My gut feeling about belt tightness is that there’s something else wrong with the system: a misalignment or friction or something else that’s requiring so much drive force. Or maybe it’s just running too fast?
Also it ignores that the belt load does not have to be applied to the motor directly. Most heavy duty industrial belt systems use bearings on both ends of the belt pulleys and the motor is attached to one of the pulleys via a coupler to compensate for any misalignment of the motor and pulley. Directly putting the pulley on the motor is just done out of convenience and cost saving.

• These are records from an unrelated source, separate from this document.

//! Reading a whole file.
ghost use Rattle.std.specs.Prelude.{◌≡◌, ◌≤◌, ◌<◌, ◌&&◌, ◌==◌, not, [], None, Ok, Err, nat_lt, length, true, false, pos, if◌then◌else◌, MatchResult};
ghost use Rattle.std.specs.Str.Lossy.{utf8_valid_len};
ghost use Rattle.circuit_model.specs.Checks.{Gives};
ghost use Rattle.circuit_model.specs.declared.fault.CircuitFault.TheVariants.{NotUtf8, WrongRing};
ghost use Rattle.circuit_file.specs.CircuitFiles.{next_row, is_bristol, lines_in, circuit_in};
ghost use Rattle.circuit_file.specs.Steps.{Begins, AddsNext, AddsAll};

use crate::gate_line::{add_gate, read_gate};
use crate::header::{read_counts, read_widths};
use crate::layout::is_bristol;
use crate::scan::scan_gate;
use circuit_model::{Builder, Circuit, CircuitFault, CircuitLayout};
use gate_lines::{Line, Lines};
use job_limits::MOST_GATES;
use mpc_ring::Ring;
use std::alloc::Global;

/// The next line with tokens, where `seen` came before.
fn next_row<'a>(lines: &mut Lines<'a>, seen: u64) -> Result<Line<'a>, CircuitFault>
    ensures { MatchResult result (λ row. next_row seen lines.old ≡ Ok (row, lines.new))
        (λ fault. next_row seen lines.old ≡ Err fault) }
{
    match lines.next_line() {
        Some(row) => Ok(row),
        None => Err(CircuitFault::FewLines { found: seen }),
    }
}

/// How many gates there are to come, and the circuit without them, from the three header lines.
fn read_header(
    alloc: Global,
    lines: &mut Lines<'_>,
    ring: Ring,
) -> Result<(u64, Builder), CircuitFault>
    ensures { Begins ring lines.old result lines.new }
{
    let one = next_row(lines, 0)?;
    let counts = read_counts(&one)?;
    let two = next_row(lines, 1)?;
    let inputs = read_widths(alloc, &two, counts.wires)?;
    let three = next_row(lines, 2)?;
    let outputs = read_widths(alloc, &three, counts.wires)?;
    let numbers = [one.number(), two.number(), three.number()];
    let builder = Builder::start(
        alloc,
        ring,
        counts.gates,
        counts.wires,
        inputs,
        outputs,
        numbers,
    )?;
    Ok((counts.gates, builder))
}

/// Adds the gate of the next line, or finds the first fault there, where `seen` lines came before.
fn next_gate(
    lines: &mut Lines<'_>,
    seen: u64,
    layout: CircuitLayout,
    builder: &mut Builder,
) -> Result<(), CircuitFault>
    requires room { length builder.old.circuit.gates < builder.old.announced }
    requires going { builder.old.refused ≡ None }
    ensures { AddsNext layout seen lines.old builder.old result lines.new builder.new }
{
    match scan_gate(lines, layout) {
        Some(parsed) => add_gate(&parsed, builder),
        None => other_gate(lines, seen, layout, builder),
    }
}

/// The same, token by token, for a line of any form.
#[cold]
#[inline(never)]
fn other_gate(
    lines: &mut Lines<'_>,
    seen: u64,
    layout: CircuitLayout,
    builder: &mut Builder,
) -> Result<(), CircuitFault>
    requires room { length builder.old.circuit.gates < builder.old.announced }
    requires going { builder.old.refused ≡ None }
    ensures { AddsNext layout seen lines.old builder.old result lines.new builder.new }
{
    let row = next_row(lines, seen)?;
    let parsed = read_gate(&row, layout)?;
    add_gate(&parsed, builder)
}

/// Adds the gates of `gates` lines.
fn read_gates(
    lines: &mut Lines<'_>,
    layout: CircuitLayout,
    gates: u64,
    builder: &mut Builder,
) -> Result<(), CircuitFault>
    requires few { gates ≤ MOST_GATES }
    requires announced { builder.old.announced ≡ gates }
    requires first { builder.old.circuit.gates ≡ [] }
    requires going { builder.old.refused ≡ None }
    ensures { AddsAll layout gates lines.old builder.old result lines.new builder.new }
{
    for at in 0..gates {
        next_gate(lines, at + 3, layout, builder)?;
    }
    Ok(())
}

/// The circuit that lines stand for, or their first fault.
fn read_lines(
    alloc: Global,
    mut lines: Lines<'_>,
    layout: CircuitLayout,
    ring: Ring,
) -> Result<Circuit, CircuitFault>
    ensures { Gives result (lines_in layout ring lines.entry) }
{
    let (gates, mut builder) = read_header(alloc, &mut lines, ring)?;
    read_gates(&mut lines, layout, gates, &mut builder)?;
    match lines.next_line() {
        Some(row) => Err(CircuitFault::ExtraLine { line: row.number() }),
        None => builder.finish(),
    }
}

/// The text that bytes are, or where they stop being one.
fn read_text(bytes: &[u8]) -> Result<&str, CircuitFault>
    ensures text { MatchResult result (λ text. text.now ≡ bytes.now)
        (λ fault. fault ≡ NotUtf8 (utf8_valid_len bytes.now)) }
    ensures cause { MatchResult result (λ text. nat_lt (utf8_valid_len bytes.now) (length bytes.now) ≡ false)
        (λ fault. nat_lt (utf8_valid_len bytes.now) (length bytes.now) ≡ true) }
{
    match std::str::from_utf8(bytes) {
        Ok(text) => Ok(text),
        Err(error) => Err(CircuitFault::NotUtf8 {
            at: error.valid_up_to() as u64,
        }),
    }
}

/// Boolean gates are over words of one bit.
fn check_ring(layout: CircuitLayout, ring: Ring) -> Result<(), CircuitFault>
    ensures { result ≡ (if is_bristol layout && not (ring == 1) then Err (WrongRing (pos ring)) else Ok tt) }
{
    let bits = ring.bits();
    if is_bristol(layout) && bits != 1 {
        return Err(CircuitFault::WrongRing {
            bits: i64::from(bits),
        });
    }
    Ok(())
}

/// The circuit that a file in this layout stands for over a ring, or the file's first fault. It takes time linear in
/// the length of the file, and memory for no more than the file has.
pub fn read(
    alloc: Global,
    bytes: &[u8],
    layout: CircuitLayout,
    ring: Ring,
) -> Result<Circuit, CircuitFault>
    ensures { Gives result (circuit_in layout ring bytes.now) }
{
    check_ring(layout, ring)?;
    match read_text(bytes) {
        Err(fault) => Err(fault),
        Ok(text) => read_lines(alloc, Lines::new(text), layout, ring),
    }
}
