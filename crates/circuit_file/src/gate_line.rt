//! The form of a gate line.
ghost use Rattle.std.specs.Prelude.{◌≡◌, ◌≤◌, ◌<◌, ◌+◌, nat_lt, None, Err, IfOk, MatchResult, length, take};
ghost use Rattle.list_laws.specs.Checks.{first_fault, or_fault};
ghost use Rattle.circuit_file.specs.GateLines.{form_checks, form_of};
ghost use Rattle.gate_lines.specs.Rows.{Row};
ghost use Rattle.circuit_model.specs.Netlists.{Netlist};
ghost use Rattle.circuit_file.specs.Tokens.{tokens_after, numbers_in};
ghost use Rattle.circuit_file.specs.CircuitFiles.{gate_in};
ghost use Rattle.circuit_model.specs.declared.layout.CircuitLayout.{CircuitLayout};
ghost use Rattle.circuit_file.specs.Steps.{IsParsedGate, AddsGate};

use crate::layout::operation_of;
use crate::tokens::{after, all_numbers, number_in};
use circuit_model::{Builder, CircuitFault, CircuitLayout, Operation, check};
use gate_lines::Line;

/// What the tokens of a gate line are: the operation, behind `wires` wires, of which the first `inputs` are inputs.
#[derive(Clone, Copy)]
pub(crate) struct Form {
    pub operation: Operation,
    pub inputs: usize,
    pub wires: usize,
}

/// What a gate line says: its number, its form, and the numbers of its wires.
#[derive(Clone, Copy)]
pub(crate) struct ParsedGate {
    pub line: u64,
    pub form: Form,
    pub wires: [u64; 3],
}

fn is_less(found: u64, inputs: u64, outputs: u64) -> bool
    ensures { result ≡ nat_lt found (inputs + outputs + 3) }
{
    u128::from(found) < u128::from(inputs) + u128::from(outputs) + 3
}

fn is_more(found: u64, inputs: u64, outputs: u64) -> bool
    ensures { result ≡ nat_lt (inputs + outputs + 3) found }
{
    u128::from(found) > u128::from(inputs) + u128::from(outputs) + 3
}

/// The form of a gate line, or its first fault.
#[tactic(auto, unfolding(crate::specs::GateLines::form_checks))]
pub(crate) fn read_form(row: &Line<'_>, layout: CircuitLayout) -> Result<Form, CircuitFault>
    ensures form { result ≡ or_fault (first_fault (form_checks layout row.now)) (form_of layout row.now) }
    ensures inputs { IfOk result (λ form. form.inputs ≤ form.wires) }
    ensures long { IfOk result (λ form. length row.now.tokens ≡ form.wires + 3) }
{
    let line = row.number();
    let found = row.count();
    check(found < 2, CircuitFault::ShortLine { line })?;
    check(
        !all_numbers(row.tokens(), 2),
        CircuitFault::BadNumber { line },
    )?;
    let inputs = number_in(row.token(0));
    let outputs = number_in(row.token(1));
    check(
        is_less(found, inputs, outputs),
        CircuitFault::ShortLine { line },
    )?;
    check(
        is_more(found, inputs, outputs),
        CircuitFault::LongLine { line },
    )?;
    let wires = (inputs + outputs) as usize;
    check(
        !all_numbers(after(row.tokens(), 2), wires),
        CircuitFault::BadNumber { line },
    )?;
    let operation = operation_of(layout, row.token(inputs + outputs + 2));
    check(operation.is_none(), CircuitFault::UnknownOperation { line })?;
    Ok(Form {
        operation: operation.unwrap_or(Operation::Eqw),
        inputs: inputs as usize,
        wires,
    })
}

/// The numbers of the first `count` wires of a gate line.
fn read_wires(row: &Line<'_>, count: usize) -> [u64; 3]
    requires few { count ≤ 3 }
    requires long { count + 2 ≤ length row.now.tokens }
    ensures { take count result ≡ numbers_in (tokens_after 2 count row.now) }
{
    let mut wires = [0; 3];
    for at in 0..count {
        wires[at] = number_in(row.token(at as u64 + 2));
    }
    wires
}

/// What a gate line says, or its first fault. A line that has more wires than any operation has none that fits.
#[cold]
pub(crate) fn read_gate(row: &Line<'_>, layout: CircuitLayout) -> Result<ParsedGate, CircuitFault>
    ensures { MatchResult result (IsParsedGate layout row.now)
        (λ fault. (c : Netlist) → gate_in layout c row.now ≡ Err fault) }
{
    let form = read_form(row, layout)?;
    let line = row.number();
    check(form.wires > 3, CircuitFault::WrongArity { line })?;
    Ok(ParsedGate {
        line,
        form,
        wires: read_wires(row, form.wires),
    })
}

/// Adds the gate that a line says, or finds why it can't be next.
pub(crate) fn add_gate(parsed: &ParsedGate, builder: &mut Builder) -> Result<(), CircuitFault>
    requires room { length builder.old.circuit.gates < builder.old.announced }
    requires going { builder.old.refused ≡ None }
    requires form { (parsed.now.form.inputs ≤ parsed.now.form.wires) × (parsed.now.form.wires ≤ 3) }
    ensures { (layout : CircuitLayout) (row : Row) → IsParsedGate layout row parsed.now
        → AddsGate layout row builder.old result builder.new }
{
    let (inputs, outputs) = parsed.wires[..parsed.form.wires].split_at(parsed.form.inputs);
    builder.gate(parsed.line, parsed.form.operation, inputs, outputs)
}
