//! The three header lines.
ghost use Rattle.std.specs.Prelude.{◌≡◌};
ghost use Rattle.circuit_file.specs.Answers.{Shows};
ghost use Rattle.circuit_file.specs.Header.{counts_in, widths_in};

use crate::tokens::{after, all_numbers, is_number, number_in, numbers};
use circuit_model::{CircuitFault, are_large, check, exceeds};
use gate_lines::Line;
use job_limits::MOST_VALUES;
use std::alloc::Global;

/// How many gates and wires a circuit has.
#[derive(Clone, Copy)]
pub(crate) struct Counts {
    pub gates: u64,
    pub wires: u64,
}

/// The counts of line one, or its first fault.
#[tactic(auto, unfolding(crate::specs::Header::count_checks, crate::specs::Header::counts_in))]
pub(crate) fn read_counts(row: &Line<'_>) -> Result<Counts, CircuitFault>
    ensures { result ≡ counts_in row.now }
{
    let line = row.number();
    let found = row.count();
    check(found < 2, CircuitFault::ShortLine { line })?;
    check(found > 2, CircuitFault::LongLine { line })?;
    check(
        !all_numbers(row.tokens(), 2),
        CircuitFault::BadNumber { line },
    )?;
    let gates = number_in(row.token(0));
    let wires = number_in(row.token(1));
    check(are_large(gates, wires), CircuitFault::TooLarge { line })?;
    Ok(Counts { gates, wires })
}

/// The widths of the values that line two or three announces, or its first fault.
#[tactic(auto, unfolding(crate::specs::Header::width_checks, crate::specs::Header::widths_in))]
pub(crate) fn read_widths(
    alloc: Global,
    row: &Line<'_>,
    wires: u64,
) -> Result<Vec<u64>, CircuitFault>
    ensures { Shows (λ v. v.items) result (widths_in wires row.now) }
{
    let line = row.number();
    let first = row.token(0);
    check(!is_number(first), CircuitFault::BadNumber { line })?;
    let count = number_in(first);
    check(count > MOST_VALUES, CircuitFault::TooLarge { line })?;
    let found = row.count();
    check(found < count + 1, CircuitFault::ShortLine { line })?;
    check(found > count + 1, CircuitFault::LongLine { line })?;
    let count = count as usize;
    check(
        !all_numbers(after(row.tokens(), 1), count),
        CircuitFault::BadNumber { line },
    )?;
    let widths = numbers(alloc, after(row.tokens(), 1), count)?;
    check(exceeds(&widths, wires), CircuitFault::HeaderWidths { line })?;
    Ok(widths)
}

Some motor manufacturers also spec out different bearing sizes for different applications – and generally any side loading is given at a set distance from the face of the motor, so another way of increasing the loading is to get your belt as close as possible to the face (i.e. put the set screw or clamp away from the motor)
Isn’t there a difference between a max working spec and a maximum spec. One means for daily woking load and is ok to run at.
I made this mistake and kept the belt tightened so I could play a ‘bass’ note on it. Within a few months the stepper motor axle snapped (on a CR6-SE)
Now I keep it tight enough for there to be no possibility of slipping but well below any tightness to be able to play a note on it.